- [EXERCISE REQUIREMENTS]:
Among the entries below, only the lines starting at the one with "(map logged_of logged.now) ≡ Ok" and ending at the one with "(λ m. m.cursors", both included, are to be printed exactly.
[INPUT RECORDS Boundary: Start]
/// What a store has in memory of its versions and of level 0, with the changes of its journal carried out. `Damaged`
/// names the block of the first that is refused. Where the journal goes on behind a full region, level 0 is sealed in
/// between. One insertion a change, and all the memory that changes take until the journal is full.
fn recover_memory(
    alloc: Global,
    sb: &SuperBlock,
    published: &Published,
    logged: &[Logged],
) -> Result<Memory, Trouble>
    requires fits { IsLawful (super_of sb.now) }
    requires kept { IsAdmitted (super_of sb.now) published.now }
    requires room { length logged.now ≤ journal_max sb.now.mem }
    ensures found { OnOk result (accepted_in sb.now.changes_max sb.now.versions_max
        (parents_in (chained_of published.now).manifest) (chained_of published.now).manifest.marks
        published.now.manifest.changes
        (map logged_of logged.now) ≡ Ok (map (λ l. l.change) logged.now)) }
    ensures ok { IfOk result (λ m. IsMemoryOf (record {
      sb = super_of sb.now;
      manifest = (chained_of published.now).manifest;
      journal = map (λ l. l.change) logged.now;
    }) m) }
    ensures cursors { IfOk result (λ m. m.cursors ≡ no_cursors) }
    ensures fits { OnOk result (IsTrue (list_all is_lawful (map (λ l. l.change) logged.now))) }
    ensures damaged { (block : ℕ) → IsErrOf result (Damaged block)
        → accepted_in sb.now.changes_max sb.now.versions_max
        (parents_in (chained_of published.now).manifest) (chained_of published.now).manifest.marks
        published.now.manifest.changes
        (map logged_of logged.now) ≡ Err block }
    ensures err { IsErrOf result Device → ⊥ }
{
    let mut memory = load_memory(alloc, sb, published)?;
    if logged.len() > sb.mem as usize {
        replay_both(alloc, &mut memory, sb.mem, logged)?;
        return Ok(memory);
    }
    replay(&mut memory, logged)?;
    Ok(memory)
}

/// The journal of a superblock, behind what the last checkpoint left, and memory with its changes carried out. It
/// reads each block of the active region at most once, none after its first closed gate, and one of the other region,
/// or, if the active one is full, that one in the same way.
/// Damaged: the block of a record that is no change, or of a change that is refused, or the other region's first where
/// both regions hold too many. A journal that goes on in the other region takes the memory of a second level 0.
fn read_journal<D: Disk>(
    alloc: Global,
    disk: &mut D,
    sb: &SuperBlock,
    published: &Published,
) -> Result<(Journal, Memory), Trouble>
    requires fits { IsLawful (super_of sb.now) }
    requires kept { IsAdmitted (super_of sb.now) published.now }
    ensures found { IfOk result (λ r. (f : Image) → Exposes (D.view disk.old) f
        → (recover_journal f (super_of sb.now) (chained_of published.now).manifest ≡ Ok r.0.list)
        × (IsTrue r.0.stale ↔ IsStale f sb.now.mem sb.now.region (length r.0.list))) }
    ensures kept { IfOk result (λ r. IsLogBehind (super_of sb.now) r.0) }
    ensures fits { IfOk result (λ r. IsTrue (are_accepted sb.now.changes_max sb.now.versions_max
        (parents_in (chained_of published.now).manifest) (chained_of published.now).manifest.marks
        published.now.manifest.changes r.0.list)) }
    ensures ok { IfOk result (λ r. IsMemoryOf (record {
      sb = super_of sb.now;
      manifest = (chained_of published.now).manifest;
      journal = r.0.list;
    }) r.1) }
    ensures cursors { IfOk result (λ r. r.1.cursors ≡ no_cursors) }
    ensures damaged { (block : ℕ) → IsErrOf result (Damaged block) → (f : Image)
        → Exposes (D.view disk.old) f
        → recover_journal f (super_of sb.now) (chained_of published.now).manifest ≡ Err block }
    ensures same { OnlyReads (D.view disk.old) (D.view disk.new) }
    ensures cause { HasCause Device (D.faults disk.old) (D.faults disk.new) result }
    ensures reads { ReadsAtMost (2 * region_blocks sb.now.mem) (D.reads disk.old) (D.reads disk.new)
        × IfOk result (λ r. length r.0.list < sb.now.mem
        → ReadsAtMost (region_blocks sb.now.mem + 1) (D.reads disk.old) (D.reads disk.new)) }
{
    let (journal, logged) = Journal::read(alloc, disk, sb)?;
    let memory = recover_memory(alloc, sb, published, &logged)?;
    Ok((journal, memory))
}

/// The store behind a superblock in a slot: each block of its manifest's chain and those of the journal are read, each
/// once.
fn recover_at<D: Disk>(
    alloc: Global,
    disk: &mut D,
    slot: u8,
    sb: SuperBlock,
) -> Result<OpenStore, Trouble>
    requires fits { (slot ≤ 1) × IsLawful (super_of sb) }
    ensures found { IfOk result (λ r. (f : Image) → Exposes (D.view disk.old) f
        → newest_in f ≡ Ok (Some (slot, super_of sb)) → IsRecoveredFrom f r) }
    ensures kept { IfOk result (λ r. (cached : Blocks) → IsConsistent (held_of r cached)) }
    ensures ok { IfOk result (λ r. (r.sb ≡ sb) × (r.promoting ≡ None)) }
    ensures cursors { IfOk result (λ r. r.memory.cursors ≡ no_cursors) }
    ensures filters { IfOk result (λ r. r.filters ≡ replicate 22 no_filters) }
    ensures damaged { (block : ℕ) → IsErrOf result (Damaged block) → (f : Image)
        → Exposes (D.view disk.old) f → recover_head f (super_of sb) ≡ Err block }
    ensures same { OnlyReads (D.view disk.old) (D.view disk.new) }
    ensures cause { HasCause Device (D.faults disk.old) (D.faults disk.new) result }
    ensures reads { ReadsAtMost (chain_length sb.length - 1 + 1 + 2 * region_blocks sb.mem)
        (D.reads disk.old) (D.reads disk.new)
        × IfOk result (λ r. length r.journal.list < sb.mem
        → ReadsAtMost (chain_length sb.length - 1 + 1 + region_blocks sb.mem + 1)
        (D.reads disk.old) (D.reads disk.new)) }
{
    let published = read_published(alloc, disk, &sb)?;
    let (journal, memory) = read_journal(alloc, disk, &sb, &published)?;
    Ok(OpenStore {
        slot,
        sb,
        published,
        journal,
        memory,
        filters: Filters::new(alloc),
        promoting: None,
    })
}

/// The store on a disk, with all the memory that its changes take until the journal is full, and that of a second level 0
/// where the journal goes on in the other region. It writes nothing. It reads the two superblock slots and what
/// `recover_at` reads behind the newest. NotAStore: no slot is open with the text of a store. Device: the disk counted a
/// fault. Damaged: the block that recovery finds damaged. Linear in the manifest and the journal, but for
/// O(log versions_max) at each version and one insertion at each change.
pub(crate) fn recover_store<D: Disk>(alloc: Global, disk: &mut D) -> Result<OpenStore, AttachFault>
    ensures found { IfOk result (λ r. (f : Image) → Exposes (D.view disk.old) f
        → IsRecoveredFrom f r) }
    ensures kept { IfOk result (λ r. (cached : Blocks) → IsConsistent (held_of r cached)) }
    ensures ok { IfOk result (λ r. r.promoting ≡ None) }
    ensures cursors { IfOk result (λ r. r.memory.cursors ≡ no_cursors) }
    ensures filters { IfOk result (λ r. r.filters ≡ replicate 22 no_filters) }
    ensures none { IsErrOf result fault.NotAStore → (f : Image)
        → Exposes (D.view disk.old) f → recover f ≡ Ok None }
    ensures damaged { (block : ℕ) → IsErrOf result (fault.Damaged block) → (f : Image)
        → Exposes (D.view disk.old) f → recover f ≡ Err block }
    ensures same { OnlyReads (D.view disk.old) (D.view disk.new) }
    ensures cause { HasCause fault.Device (D.faults disk.old) (D.faults disk.new) result }
    ensures reads { ReadsAtMost 1052183 (D.reads disk.old) (D.reads disk.new)
        × IfOk result (λ r. ReadsAtMost (chain_length r.sb.length + 2 * region_blocks r.sb.mem + 2)
        (D.reads disk.old) (D.reads disk.new)
        × (length r.journal.list < r.sb.mem
        → ReadsAtMost (chain_length r.sb.length + region_blocks r.sb.mem + 3)
        (D.reads disk.old) (D.reads disk.new))) }
{
    let Some((slot, sb)) = newest(disk)? else {
        return Err(AttachFault::NotAStore);
    };
    let recovered = recover_at(alloc, disk, slot, sb)?;
    Ok(recovered)
}

/// Shuts the first gate of the region that is not active, where it was read open and nothing leads behind it: at most
/// one read, one write and one sync. Meanwhile every crash leaves the same contents.
fn shut_other<D: Disk>(disk: &mut D, sb: &SuperBlock, journal: &Journal) -> Result<(), Failed>
    requires fits { IsLawful (super_of sb.now) }
    ensures trail { (f : Image) (x : Contents) → Exposes (D.view disk.old) f
        → IsDurable (D.view disk.old) → x.sb ≡ super_of sb.now → ReadsAsSound f journal.now.stale x
        → (c : Image) → Since (D.view disk.new) (D.view disk.old).moment c → ReadsAs c x }
    ensures kept { OnOk result ((f : Image) (x : Contents) → Exposes (D.view disk.old) f
        → IsDurable (D.view disk.old) → x.sb ≡ super_of sb.now → ReadsAsSound f journal.now.stale x
        → ContentsStand (D.view disk.new) x) }
    ensures durable { OnOk result ((f : Image) → Exposes (D.view disk.old) f
        → IsDurable (D.view disk.old) → length journal.now.list < sb.now.mem
        → (IsTrue journal.now.stale
        ↔ IsStale f sb.now.mem sb.now.region (length journal.now.list))
        → (c : Image) → Images (D.view disk.new) c
        → c (region_at sb.now.mem (other_region sb.now.region)) ≢ open_flag) }
    ensures images { TearsOnly (D.view disk.old) (D.view disk.new)
        (region_at sb.now.mem (other_region sb.now.region)) 1 }
    ensures same { journal.now.stale ≡ false → disk.new ≡ disk.old }
    ensures time { Passes (D.view disk.old) (D.view disk.new) }
    ensures cause { CountsFaults (D.faults disk.old) (D.faults disk.new) result }
    ensures reads { ReadsAtMost 1 (D.reads disk.old) (D.reads disk.new) }
{
    if journal.stale() {
        close_region(disk, sb.mem, 1 - sb.region)?;
    }
    Ok(())
}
[INPUT RECORDS Boundary: End]
- [ANSWER SECTION]:
        (map logged_of logged.now) ≡ Ok (map (λ l. l.change) logged.now)) }
    ensures ok { IfOk result (λ m. IsMemoryOf (record {
      sb = super_of sb.now;
      manifest = (chained_of published.now).manifest;
      journal = map (λ l. l.change) logged.now;
    }) m) }
    ensures cursors { IfOk result (λ m. m.cursors ≡ no_cursors) }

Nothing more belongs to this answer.